[Stored data entries]
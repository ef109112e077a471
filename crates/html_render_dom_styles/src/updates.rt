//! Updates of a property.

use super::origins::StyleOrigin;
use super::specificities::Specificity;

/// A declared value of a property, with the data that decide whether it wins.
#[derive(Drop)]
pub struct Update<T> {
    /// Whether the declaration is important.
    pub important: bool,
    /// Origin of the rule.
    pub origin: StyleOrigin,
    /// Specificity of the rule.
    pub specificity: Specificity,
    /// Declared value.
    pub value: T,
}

* **WHAT IS NEEDED**:
The reply must hold exactly the lines from the one containing "filename crates/html_render_dom_styles/src/updates.rt" to the last line of the entries, and nothing more.

* **WORKED SOLUTION**:
filename crates/html_render_dom_styles/src/updates.rt
//! Updates of a property.

use super::origins::StyleOrigin;
use super::specificities::Specificity;

/// A declared value of a property, with the data that decide whether it wins.
#[derive(Drop)]
pub struct Update<T> {
    /// Whether the declaration is important.
    pub important: bool,
    /// Origin of the rule.
    pub origin: StyleOrigin,
    /// Specificity of the rule.
    pub specificity: Specificity,
    /// Declared value.
    pub value: T,
}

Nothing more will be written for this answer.